DATA SHOWN:
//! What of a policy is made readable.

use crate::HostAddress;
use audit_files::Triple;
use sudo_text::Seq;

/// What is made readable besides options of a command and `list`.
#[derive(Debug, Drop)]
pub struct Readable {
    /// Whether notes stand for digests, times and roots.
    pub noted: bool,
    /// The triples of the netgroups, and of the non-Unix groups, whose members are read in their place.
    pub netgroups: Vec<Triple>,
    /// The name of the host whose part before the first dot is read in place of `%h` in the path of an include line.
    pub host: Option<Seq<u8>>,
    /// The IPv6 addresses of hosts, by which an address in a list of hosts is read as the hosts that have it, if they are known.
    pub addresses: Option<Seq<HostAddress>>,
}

* * *

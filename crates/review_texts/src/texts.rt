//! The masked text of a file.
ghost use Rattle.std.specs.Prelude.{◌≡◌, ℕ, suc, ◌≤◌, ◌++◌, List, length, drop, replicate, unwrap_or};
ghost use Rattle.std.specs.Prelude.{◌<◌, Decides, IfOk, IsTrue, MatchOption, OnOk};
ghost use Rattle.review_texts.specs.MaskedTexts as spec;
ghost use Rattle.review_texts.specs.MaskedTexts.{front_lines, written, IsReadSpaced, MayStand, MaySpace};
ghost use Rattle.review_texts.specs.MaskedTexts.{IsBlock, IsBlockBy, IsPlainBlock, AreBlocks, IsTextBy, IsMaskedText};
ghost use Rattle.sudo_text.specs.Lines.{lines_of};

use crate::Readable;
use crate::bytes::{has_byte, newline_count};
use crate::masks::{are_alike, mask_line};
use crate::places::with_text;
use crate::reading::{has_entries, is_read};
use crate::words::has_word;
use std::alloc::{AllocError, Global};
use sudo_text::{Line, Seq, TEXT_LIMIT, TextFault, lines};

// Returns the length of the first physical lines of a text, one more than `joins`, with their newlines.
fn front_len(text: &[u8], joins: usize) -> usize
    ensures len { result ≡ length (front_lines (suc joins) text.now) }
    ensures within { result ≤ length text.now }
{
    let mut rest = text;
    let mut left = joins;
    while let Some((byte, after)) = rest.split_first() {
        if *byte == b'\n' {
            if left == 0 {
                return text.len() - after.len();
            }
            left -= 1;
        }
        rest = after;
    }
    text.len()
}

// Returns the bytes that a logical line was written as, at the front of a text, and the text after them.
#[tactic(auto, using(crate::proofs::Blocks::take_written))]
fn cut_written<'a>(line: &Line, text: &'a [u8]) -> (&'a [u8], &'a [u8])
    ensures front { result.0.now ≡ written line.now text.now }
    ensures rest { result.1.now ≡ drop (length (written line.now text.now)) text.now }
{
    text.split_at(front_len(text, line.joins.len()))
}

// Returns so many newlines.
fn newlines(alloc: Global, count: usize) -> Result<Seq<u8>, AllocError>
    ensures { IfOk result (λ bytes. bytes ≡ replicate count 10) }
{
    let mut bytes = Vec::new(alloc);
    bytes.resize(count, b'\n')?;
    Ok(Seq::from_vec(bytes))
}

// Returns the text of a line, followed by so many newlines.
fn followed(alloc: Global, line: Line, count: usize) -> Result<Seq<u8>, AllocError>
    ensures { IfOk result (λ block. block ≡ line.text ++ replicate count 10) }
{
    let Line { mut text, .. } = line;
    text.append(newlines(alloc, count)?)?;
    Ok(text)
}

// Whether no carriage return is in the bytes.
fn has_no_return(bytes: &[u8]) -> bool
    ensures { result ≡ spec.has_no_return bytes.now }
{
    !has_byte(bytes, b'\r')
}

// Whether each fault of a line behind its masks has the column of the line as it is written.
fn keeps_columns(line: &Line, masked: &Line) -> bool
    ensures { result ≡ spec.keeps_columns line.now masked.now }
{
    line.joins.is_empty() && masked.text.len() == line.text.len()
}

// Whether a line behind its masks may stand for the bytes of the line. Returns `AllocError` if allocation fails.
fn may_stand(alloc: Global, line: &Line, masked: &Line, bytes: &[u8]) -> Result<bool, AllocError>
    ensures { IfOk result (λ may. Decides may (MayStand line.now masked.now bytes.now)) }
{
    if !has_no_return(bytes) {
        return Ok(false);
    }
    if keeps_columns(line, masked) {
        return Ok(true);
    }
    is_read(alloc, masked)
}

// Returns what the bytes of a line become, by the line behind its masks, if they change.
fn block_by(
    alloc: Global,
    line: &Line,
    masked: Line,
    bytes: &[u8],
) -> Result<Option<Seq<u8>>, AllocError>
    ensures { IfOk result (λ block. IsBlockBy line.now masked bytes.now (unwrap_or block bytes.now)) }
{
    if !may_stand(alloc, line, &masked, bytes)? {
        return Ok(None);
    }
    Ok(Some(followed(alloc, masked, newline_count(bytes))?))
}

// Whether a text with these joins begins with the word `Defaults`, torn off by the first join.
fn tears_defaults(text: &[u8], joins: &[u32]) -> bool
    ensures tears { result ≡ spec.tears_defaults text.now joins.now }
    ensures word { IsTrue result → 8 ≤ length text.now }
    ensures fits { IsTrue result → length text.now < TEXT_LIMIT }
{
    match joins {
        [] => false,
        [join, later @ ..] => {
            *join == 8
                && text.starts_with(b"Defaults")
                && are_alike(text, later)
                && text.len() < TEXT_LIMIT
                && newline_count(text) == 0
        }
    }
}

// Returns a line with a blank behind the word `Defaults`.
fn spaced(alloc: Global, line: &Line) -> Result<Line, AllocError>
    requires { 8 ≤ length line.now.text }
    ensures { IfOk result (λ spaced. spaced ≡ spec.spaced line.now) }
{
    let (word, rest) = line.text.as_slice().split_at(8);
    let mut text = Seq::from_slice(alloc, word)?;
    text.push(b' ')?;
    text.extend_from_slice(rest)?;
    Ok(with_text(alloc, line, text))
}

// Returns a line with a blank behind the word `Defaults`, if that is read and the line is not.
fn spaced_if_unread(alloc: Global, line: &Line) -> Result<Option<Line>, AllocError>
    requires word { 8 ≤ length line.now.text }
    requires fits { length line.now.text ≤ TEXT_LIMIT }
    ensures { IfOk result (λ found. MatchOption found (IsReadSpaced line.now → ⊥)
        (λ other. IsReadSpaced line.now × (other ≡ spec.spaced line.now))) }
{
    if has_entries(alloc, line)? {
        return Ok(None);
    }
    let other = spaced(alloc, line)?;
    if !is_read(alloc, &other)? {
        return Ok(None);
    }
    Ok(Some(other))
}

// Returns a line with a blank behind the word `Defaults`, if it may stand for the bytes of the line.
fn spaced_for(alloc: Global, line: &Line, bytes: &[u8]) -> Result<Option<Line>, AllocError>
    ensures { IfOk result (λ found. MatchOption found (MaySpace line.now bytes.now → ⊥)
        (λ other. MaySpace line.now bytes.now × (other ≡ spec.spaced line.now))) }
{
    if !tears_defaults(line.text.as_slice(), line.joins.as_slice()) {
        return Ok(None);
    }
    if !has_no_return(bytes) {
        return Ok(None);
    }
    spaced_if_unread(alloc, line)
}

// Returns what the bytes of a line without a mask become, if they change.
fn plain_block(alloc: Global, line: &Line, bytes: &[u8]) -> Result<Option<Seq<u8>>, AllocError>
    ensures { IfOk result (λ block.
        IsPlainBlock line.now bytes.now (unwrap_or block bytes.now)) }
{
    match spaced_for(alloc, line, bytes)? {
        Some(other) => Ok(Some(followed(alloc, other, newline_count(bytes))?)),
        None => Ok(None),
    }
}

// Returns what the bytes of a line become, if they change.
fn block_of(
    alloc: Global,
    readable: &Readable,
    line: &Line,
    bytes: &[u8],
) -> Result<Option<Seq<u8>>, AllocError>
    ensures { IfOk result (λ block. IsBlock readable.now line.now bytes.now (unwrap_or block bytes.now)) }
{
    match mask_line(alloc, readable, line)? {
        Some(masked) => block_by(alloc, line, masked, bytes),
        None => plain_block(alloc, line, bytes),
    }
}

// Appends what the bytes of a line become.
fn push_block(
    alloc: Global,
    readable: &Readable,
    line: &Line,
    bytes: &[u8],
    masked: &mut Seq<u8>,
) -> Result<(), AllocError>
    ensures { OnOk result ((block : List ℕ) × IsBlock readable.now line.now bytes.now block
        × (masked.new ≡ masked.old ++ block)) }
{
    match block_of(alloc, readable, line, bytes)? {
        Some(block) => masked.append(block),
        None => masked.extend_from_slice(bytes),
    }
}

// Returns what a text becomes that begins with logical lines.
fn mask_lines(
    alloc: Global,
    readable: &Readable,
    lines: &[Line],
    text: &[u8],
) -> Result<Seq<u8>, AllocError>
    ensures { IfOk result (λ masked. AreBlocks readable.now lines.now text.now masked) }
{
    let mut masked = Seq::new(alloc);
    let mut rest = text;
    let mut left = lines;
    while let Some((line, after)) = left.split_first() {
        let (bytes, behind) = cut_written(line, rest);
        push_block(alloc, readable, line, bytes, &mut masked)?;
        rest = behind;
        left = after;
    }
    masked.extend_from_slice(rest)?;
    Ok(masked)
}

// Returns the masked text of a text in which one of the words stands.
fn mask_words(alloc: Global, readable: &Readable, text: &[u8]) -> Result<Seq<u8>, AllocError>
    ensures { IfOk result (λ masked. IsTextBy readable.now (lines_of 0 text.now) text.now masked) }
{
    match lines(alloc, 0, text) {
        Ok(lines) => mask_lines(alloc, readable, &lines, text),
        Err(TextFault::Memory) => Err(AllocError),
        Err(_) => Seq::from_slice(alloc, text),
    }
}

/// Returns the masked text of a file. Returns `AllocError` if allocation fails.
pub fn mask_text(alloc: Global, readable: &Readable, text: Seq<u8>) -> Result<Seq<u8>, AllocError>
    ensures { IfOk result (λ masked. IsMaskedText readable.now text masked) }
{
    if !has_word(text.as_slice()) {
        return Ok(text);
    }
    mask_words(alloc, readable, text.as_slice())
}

==

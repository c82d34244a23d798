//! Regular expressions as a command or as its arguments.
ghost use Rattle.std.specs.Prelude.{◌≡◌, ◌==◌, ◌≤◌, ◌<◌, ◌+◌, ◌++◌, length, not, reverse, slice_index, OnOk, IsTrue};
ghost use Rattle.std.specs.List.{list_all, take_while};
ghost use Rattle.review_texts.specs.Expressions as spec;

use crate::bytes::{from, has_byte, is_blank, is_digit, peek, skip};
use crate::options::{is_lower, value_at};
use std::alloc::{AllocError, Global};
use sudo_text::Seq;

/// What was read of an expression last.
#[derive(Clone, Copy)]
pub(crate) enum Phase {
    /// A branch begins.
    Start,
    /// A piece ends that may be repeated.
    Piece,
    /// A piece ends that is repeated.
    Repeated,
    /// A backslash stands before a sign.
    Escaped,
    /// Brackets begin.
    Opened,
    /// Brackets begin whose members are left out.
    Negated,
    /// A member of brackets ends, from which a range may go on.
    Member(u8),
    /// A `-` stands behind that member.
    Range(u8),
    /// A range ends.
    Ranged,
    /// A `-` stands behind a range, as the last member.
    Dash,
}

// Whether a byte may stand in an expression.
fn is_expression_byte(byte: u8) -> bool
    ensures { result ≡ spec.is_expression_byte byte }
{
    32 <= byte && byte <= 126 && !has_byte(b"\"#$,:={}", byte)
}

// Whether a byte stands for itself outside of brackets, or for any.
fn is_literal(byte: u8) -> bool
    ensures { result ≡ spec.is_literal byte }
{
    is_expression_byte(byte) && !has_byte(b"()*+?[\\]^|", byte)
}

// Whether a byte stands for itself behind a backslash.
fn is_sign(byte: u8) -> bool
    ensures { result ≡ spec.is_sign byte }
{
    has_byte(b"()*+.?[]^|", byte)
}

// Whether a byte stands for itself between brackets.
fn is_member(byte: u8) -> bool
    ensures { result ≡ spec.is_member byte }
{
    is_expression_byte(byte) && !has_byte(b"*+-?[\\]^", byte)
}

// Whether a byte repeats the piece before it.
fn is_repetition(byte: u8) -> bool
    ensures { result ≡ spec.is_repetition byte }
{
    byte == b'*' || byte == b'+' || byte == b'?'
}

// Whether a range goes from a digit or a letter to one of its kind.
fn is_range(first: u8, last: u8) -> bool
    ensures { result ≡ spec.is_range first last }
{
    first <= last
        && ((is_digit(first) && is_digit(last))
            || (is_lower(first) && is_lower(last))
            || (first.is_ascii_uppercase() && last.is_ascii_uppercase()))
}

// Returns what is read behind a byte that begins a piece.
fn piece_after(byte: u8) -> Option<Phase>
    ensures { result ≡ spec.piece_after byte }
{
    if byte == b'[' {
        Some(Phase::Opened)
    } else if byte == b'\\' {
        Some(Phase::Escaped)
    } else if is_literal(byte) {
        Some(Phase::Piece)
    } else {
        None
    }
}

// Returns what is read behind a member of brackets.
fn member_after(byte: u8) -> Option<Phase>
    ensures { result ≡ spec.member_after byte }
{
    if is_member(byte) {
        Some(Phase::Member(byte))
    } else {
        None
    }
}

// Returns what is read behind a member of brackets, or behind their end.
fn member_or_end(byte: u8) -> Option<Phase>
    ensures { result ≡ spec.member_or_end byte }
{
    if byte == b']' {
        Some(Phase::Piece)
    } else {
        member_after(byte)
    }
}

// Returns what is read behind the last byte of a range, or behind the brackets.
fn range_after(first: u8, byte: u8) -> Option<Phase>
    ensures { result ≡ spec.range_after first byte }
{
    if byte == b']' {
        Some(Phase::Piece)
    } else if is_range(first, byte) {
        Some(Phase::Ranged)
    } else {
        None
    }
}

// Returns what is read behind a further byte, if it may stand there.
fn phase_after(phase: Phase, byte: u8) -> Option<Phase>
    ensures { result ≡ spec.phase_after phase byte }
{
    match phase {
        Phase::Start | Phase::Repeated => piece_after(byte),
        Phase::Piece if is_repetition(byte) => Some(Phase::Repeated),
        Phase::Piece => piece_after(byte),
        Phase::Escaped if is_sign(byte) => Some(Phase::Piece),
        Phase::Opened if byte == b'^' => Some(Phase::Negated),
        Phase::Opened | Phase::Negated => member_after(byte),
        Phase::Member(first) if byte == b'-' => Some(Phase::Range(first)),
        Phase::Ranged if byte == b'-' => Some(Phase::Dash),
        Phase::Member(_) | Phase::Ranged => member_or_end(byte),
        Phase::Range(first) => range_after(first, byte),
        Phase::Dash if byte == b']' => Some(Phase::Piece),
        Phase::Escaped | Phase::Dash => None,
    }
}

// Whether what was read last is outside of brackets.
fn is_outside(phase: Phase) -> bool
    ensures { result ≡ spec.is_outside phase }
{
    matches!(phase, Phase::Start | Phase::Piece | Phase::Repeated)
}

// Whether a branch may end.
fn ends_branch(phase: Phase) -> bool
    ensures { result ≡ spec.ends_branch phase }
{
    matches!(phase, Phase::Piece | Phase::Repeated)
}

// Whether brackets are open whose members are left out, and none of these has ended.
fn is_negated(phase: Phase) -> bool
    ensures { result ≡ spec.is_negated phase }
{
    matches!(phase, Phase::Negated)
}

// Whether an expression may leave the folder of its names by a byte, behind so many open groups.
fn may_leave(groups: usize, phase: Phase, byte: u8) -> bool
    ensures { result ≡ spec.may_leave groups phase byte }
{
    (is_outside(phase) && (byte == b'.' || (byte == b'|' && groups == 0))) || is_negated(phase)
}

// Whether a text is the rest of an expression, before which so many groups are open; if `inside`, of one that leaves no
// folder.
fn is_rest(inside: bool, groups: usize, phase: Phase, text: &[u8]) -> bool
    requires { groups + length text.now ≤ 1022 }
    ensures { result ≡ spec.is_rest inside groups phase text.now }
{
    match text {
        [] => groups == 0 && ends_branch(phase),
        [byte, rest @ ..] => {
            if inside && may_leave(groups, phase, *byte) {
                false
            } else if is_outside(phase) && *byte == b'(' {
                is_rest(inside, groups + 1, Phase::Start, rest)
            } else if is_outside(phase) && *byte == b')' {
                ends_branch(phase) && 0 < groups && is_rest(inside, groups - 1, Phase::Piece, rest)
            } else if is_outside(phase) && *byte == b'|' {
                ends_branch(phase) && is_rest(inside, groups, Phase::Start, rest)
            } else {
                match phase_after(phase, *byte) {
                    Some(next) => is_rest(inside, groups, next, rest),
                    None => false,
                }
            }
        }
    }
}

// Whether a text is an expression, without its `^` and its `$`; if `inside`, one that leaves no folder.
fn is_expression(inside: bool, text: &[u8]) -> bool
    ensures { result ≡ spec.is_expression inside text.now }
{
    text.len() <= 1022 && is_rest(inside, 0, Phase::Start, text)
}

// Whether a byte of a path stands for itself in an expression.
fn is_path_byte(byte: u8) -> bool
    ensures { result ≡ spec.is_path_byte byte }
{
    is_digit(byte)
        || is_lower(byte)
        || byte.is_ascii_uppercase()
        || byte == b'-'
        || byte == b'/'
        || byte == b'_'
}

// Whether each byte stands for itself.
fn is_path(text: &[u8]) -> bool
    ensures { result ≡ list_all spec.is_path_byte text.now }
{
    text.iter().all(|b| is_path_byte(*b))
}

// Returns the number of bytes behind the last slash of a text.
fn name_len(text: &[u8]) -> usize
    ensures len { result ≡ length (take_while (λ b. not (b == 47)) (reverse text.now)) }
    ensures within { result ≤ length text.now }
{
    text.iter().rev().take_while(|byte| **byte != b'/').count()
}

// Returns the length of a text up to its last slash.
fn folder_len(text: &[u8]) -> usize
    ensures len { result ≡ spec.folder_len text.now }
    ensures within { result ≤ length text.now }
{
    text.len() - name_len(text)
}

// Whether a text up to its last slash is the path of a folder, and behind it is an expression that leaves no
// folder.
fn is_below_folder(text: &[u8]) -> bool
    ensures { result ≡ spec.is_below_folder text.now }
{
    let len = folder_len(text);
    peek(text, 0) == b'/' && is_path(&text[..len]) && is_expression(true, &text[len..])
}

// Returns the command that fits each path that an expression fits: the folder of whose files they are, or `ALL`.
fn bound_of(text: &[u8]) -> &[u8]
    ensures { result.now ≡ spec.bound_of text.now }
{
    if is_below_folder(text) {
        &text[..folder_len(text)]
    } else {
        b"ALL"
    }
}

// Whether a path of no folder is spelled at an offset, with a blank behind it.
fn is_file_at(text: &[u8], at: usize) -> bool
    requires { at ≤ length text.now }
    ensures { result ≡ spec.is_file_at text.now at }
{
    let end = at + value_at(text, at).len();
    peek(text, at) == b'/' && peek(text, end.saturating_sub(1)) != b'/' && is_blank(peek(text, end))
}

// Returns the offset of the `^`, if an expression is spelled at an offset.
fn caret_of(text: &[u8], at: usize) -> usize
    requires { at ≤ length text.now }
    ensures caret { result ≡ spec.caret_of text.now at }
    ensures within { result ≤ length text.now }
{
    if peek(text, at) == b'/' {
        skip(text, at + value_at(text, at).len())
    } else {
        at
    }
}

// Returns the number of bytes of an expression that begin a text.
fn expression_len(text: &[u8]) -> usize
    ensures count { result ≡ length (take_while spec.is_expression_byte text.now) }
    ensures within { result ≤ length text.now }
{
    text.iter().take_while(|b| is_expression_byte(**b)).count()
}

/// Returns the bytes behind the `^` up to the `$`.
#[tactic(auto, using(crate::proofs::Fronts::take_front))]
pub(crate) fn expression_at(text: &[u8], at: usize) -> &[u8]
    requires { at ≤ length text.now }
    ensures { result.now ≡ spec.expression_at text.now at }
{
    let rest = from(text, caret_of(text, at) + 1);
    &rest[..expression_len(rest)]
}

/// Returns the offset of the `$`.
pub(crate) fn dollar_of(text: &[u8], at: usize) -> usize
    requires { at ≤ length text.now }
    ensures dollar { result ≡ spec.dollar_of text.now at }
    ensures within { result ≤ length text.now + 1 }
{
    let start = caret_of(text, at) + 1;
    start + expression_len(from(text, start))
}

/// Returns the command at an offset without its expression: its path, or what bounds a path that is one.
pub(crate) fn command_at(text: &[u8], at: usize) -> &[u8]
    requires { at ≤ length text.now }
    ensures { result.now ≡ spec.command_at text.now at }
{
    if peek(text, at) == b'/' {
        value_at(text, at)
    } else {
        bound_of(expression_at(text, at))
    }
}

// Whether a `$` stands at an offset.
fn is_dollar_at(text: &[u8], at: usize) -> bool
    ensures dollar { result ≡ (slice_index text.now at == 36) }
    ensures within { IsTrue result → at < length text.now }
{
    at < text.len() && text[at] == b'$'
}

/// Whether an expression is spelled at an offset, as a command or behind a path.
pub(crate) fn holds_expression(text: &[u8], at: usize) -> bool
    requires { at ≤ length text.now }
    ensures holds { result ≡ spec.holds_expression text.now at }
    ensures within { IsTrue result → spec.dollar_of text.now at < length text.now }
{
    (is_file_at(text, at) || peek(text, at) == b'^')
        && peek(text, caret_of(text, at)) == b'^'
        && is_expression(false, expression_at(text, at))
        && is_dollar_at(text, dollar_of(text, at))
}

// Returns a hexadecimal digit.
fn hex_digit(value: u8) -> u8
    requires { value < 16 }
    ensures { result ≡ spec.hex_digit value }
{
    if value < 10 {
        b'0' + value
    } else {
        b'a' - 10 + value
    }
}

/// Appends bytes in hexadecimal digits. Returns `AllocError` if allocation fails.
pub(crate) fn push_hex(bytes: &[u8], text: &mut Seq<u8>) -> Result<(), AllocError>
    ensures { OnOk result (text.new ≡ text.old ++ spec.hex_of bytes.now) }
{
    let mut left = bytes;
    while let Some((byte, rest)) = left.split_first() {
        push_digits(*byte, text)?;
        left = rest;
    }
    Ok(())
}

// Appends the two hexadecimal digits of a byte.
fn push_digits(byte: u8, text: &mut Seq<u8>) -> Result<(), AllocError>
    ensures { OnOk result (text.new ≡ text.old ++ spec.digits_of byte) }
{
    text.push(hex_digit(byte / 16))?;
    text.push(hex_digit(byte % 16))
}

WORK ITEM: In the records, locate each line holding the string "fails" and copy it.

SOLUTION FOR THIS TASK:
// Whether a line behind its masks may stand for the bytes of the line. Returns `AllocError` if allocation fails.
/// Returns the masked text of a file. Returns `AllocError` if allocation fails.
/// Appends bytes in hexadecimal digits. Returns `AllocError` if allocation fails.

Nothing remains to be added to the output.